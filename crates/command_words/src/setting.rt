// The options.
ghost use Rattle.std.specs.Prelude.{◌≡◌};
ghost use Rattle.command_words.specs.Settings.{setting_name, accepts};

use crate::values::{
    errors_in, headers_in, ledger_in, lines_in, mode_in, name_in, pattern_of, rotation_in, rows_in,
    separator_in, switch_in,
};
use crate::{InputFormat, OutputFormat};

/// An option of the command line.
#[derive(Clone, Copy, Debug, PartialEq, Eq)]
pub enum Setting {
    Input,
    Output,
    Errors,
    Stats,
    Checkpoint,
    Rotation,
    HeaderRow,
    SampleLines,
    TimeFormat,
    Separator,
    RowsToPage,
    Headers,
    OutSeparator,
    FileMode,
    Template,
}

pub const SETTINGS: [Setting; 15] = [
    Setting::Input,
    Setting::Output,
    Setting::Errors,
    Setting::Stats,
    Setting::Checkpoint,
    Setting::Rotation,
    Setting::HeaderRow,
    Setting::SampleLines,
    Setting::TimeFormat,
    Setting::Separator,
    Setting::RowsToPage,
    Setting::Headers,
    Setting::OutSeparator,
    Setting::FileMode,
    Setting::Template,
];

impl Setting {
    /// The option's name, with the `-` before it.
    pub fn name(self) -> &'static str
        ensures { result.now ≡ setting_name self }
    {
        match self {
            Setting::Input => "-i",
            Setting::Output => "-o",
            Setting::Errors => "-e",
            Setting::Stats => "-stats",
            Setting::Checkpoint => "-iCheckpoint",
            Setting::Rotation => "-iRotation",
            Setting::HeaderRow => "-headerRow",
            Setting::SampleLines => "-dtLines",
            Setting::TimeFormat => "-iTsFormat",
            Setting::Separator => "-iSeparator",
            Setting::RowsToPage => "-rtp",
            Setting::Headers => "-headers",
            Setting::OutSeparator => "-oSeparator",
            Setting::FileMode => "-fileMode",
            Setting::Template => "-tpl",
        }
    }

    /// Whether a text is a value of the option.
    pub fn accepts(self, text: &str) -> bool
        ensures { result ≡ accepts self text.now }
    {
        match self {
            Setting::Input => InputFormat::read(text).is_some(),
            Setting::Output => OutputFormat::read(text).is_some(),
            Setting::Errors => errors_in(text).is_some(),
            Setting::Stats | Setting::HeaderRow => switch_in(text).is_some(),
            Setting::Checkpoint => ledger_in(text).is_some(),
            Setting::Rotation => rotation_in(text).is_some(),
            Setting::SampleLines => lines_in(text).is_some(),
            Setting::TimeFormat => pattern_of(text).is_some(),
            Setting::Separator | Setting::OutSeparator => separator_in(text).is_some(),
            Setting::RowsToPage => rows_in(text).is_some(),
            Setting::Headers => headers_in(text).is_some(),
            Setting::FileMode => mode_in(text).is_some(),
            Setting::Template => name_in(text).is_some(),
        }
    }
}
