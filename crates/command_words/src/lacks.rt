// What words lack as a whole.
ghost use Rattle.std.specs.Prelude.{◌≡◌, ◌≤◌, position, length, option_map};
ghost use Rattle.command_words.specs.declared.usage.UsageKind.{UsageKind as Kind};
ghost use Rattle.command_words.specs.Words.{gives};
ghost use Rattle.command_words.specs.Usage.{is_template, asks_template, fault_of, lacking, lack_of, EachFits};
ghost use Rattle.command_words.specs.declared.setting.Setting.TheVariants as S;
ghost use Rattle.command_words.specs.declared.usage.UsageKind.TheVariants as U;

use crate::word::{any_gives, any_query, gives, value_in};
use crate::{OutputFormat, Setting, UsageFault, UsageKind};
use lp_values::Text;

fn is_template(format: Option<OutputFormat>) -> bool
    ensures { result ≡ is_template format }
{
    matches!(format, Some(OutputFormat::Tpl))
}

fn asks_template(word: &str) -> bool
    ensures { result ≡ asks_template word.now }
{
    gives(Setting::Output, word) && is_template(OutputFormat::read(value_in(word)))
}

fn rotation_place(words: &[Text]) -> Option<usize>
    ensures { result ≡ position (gives S.Rotation) words.now }
{
    words
        .iter()
        .position(|word| gives(Setting::Rotation, word.as_str()))
}

fn template_place(words: &[Text]) -> Option<usize>
    ensures { result ≡ position asks_template words.now }
{
    words.iter().position(|word| asks_template(word.as_str()))
}

// The fault at a place of the first few words.
fn fault_at(kind: UsageKind, place: usize) -> UsageFault
    requires { place ≤ 16 }
    ensures { result ≡ fault_of kind place }
{
    UsageFault {
        word: place as u32,
        kind,
    }
}

fn lacks_checkpoint(words: &[Text]) -> Option<UsageFault>
    requires { length words.now ≤ 16 }
    ensures { result ≡ lacking (gives S.Rotation) S.Checkpoint U.NeedsCheckpoint words.now }
{
    if any_gives(words, Setting::Checkpoint) {
        return None;
    }
    match rotation_place(words) {
        Some(place) => Some(fault_at(UsageKind::NeedsCheckpoint, place)),
        None => None,
    }
}

fn lacks_template(words: &[Text]) -> Option<UsageFault>
    requires { length words.now ≤ 16 }
    ensures { result ≡ lacking asks_template S.Template U.NeedsTemplate words.now }
{
    if any_gives(words, Setting::Template) {
        return None;
    }
    match template_place(words) {
        Some(place) => Some(fault_at(UsageKind::NeedsTemplate, place)),
        None => None,
    }
}

/// What words lack as a whole, of which each fits.
pub fn lack_of(words: &[Text]) -> Option<UsageFault>
    requires { EachFits words.now }
    ensures { result ≡ lack_of words.now }
{
    prove!(words.len() <= 16);
    if !any_query(words) {
        return Some(fault_at(UsageKind::NoQuery, words.len()));
    }
    match lacks_checkpoint(words) {
        Some(fault) => Some(fault),
        None => lacks_template(words),
    }
}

- - - - - - -

Please copy every line of the records above in which "ghost" appears.

Response -
ghost use Rattle.std.specs.Prelude.{◌≡◌};
ghost use Rattle.command_words.specs.Settings.{setting_name, accepts};
ghost use Rattle.std.specs.Prelude.{◌≡◌, ◌≤◌, position, length, option_map};
ghost use Rattle.command_words.specs.declared.usage.UsageKind.{UsageKind as Kind};
ghost use Rattle.command_words.specs.Words.{gives};
ghost use Rattle.command_words.specs.Usage.{is_template, asks_template, fault_of, lacking, lack_of, EachFits};
ghost use Rattle.command_words.specs.declared.setting.Setting.TheVariants as S;
ghost use Rattle.command_words.specs.declared.usage.UsageKind.TheVariants as U;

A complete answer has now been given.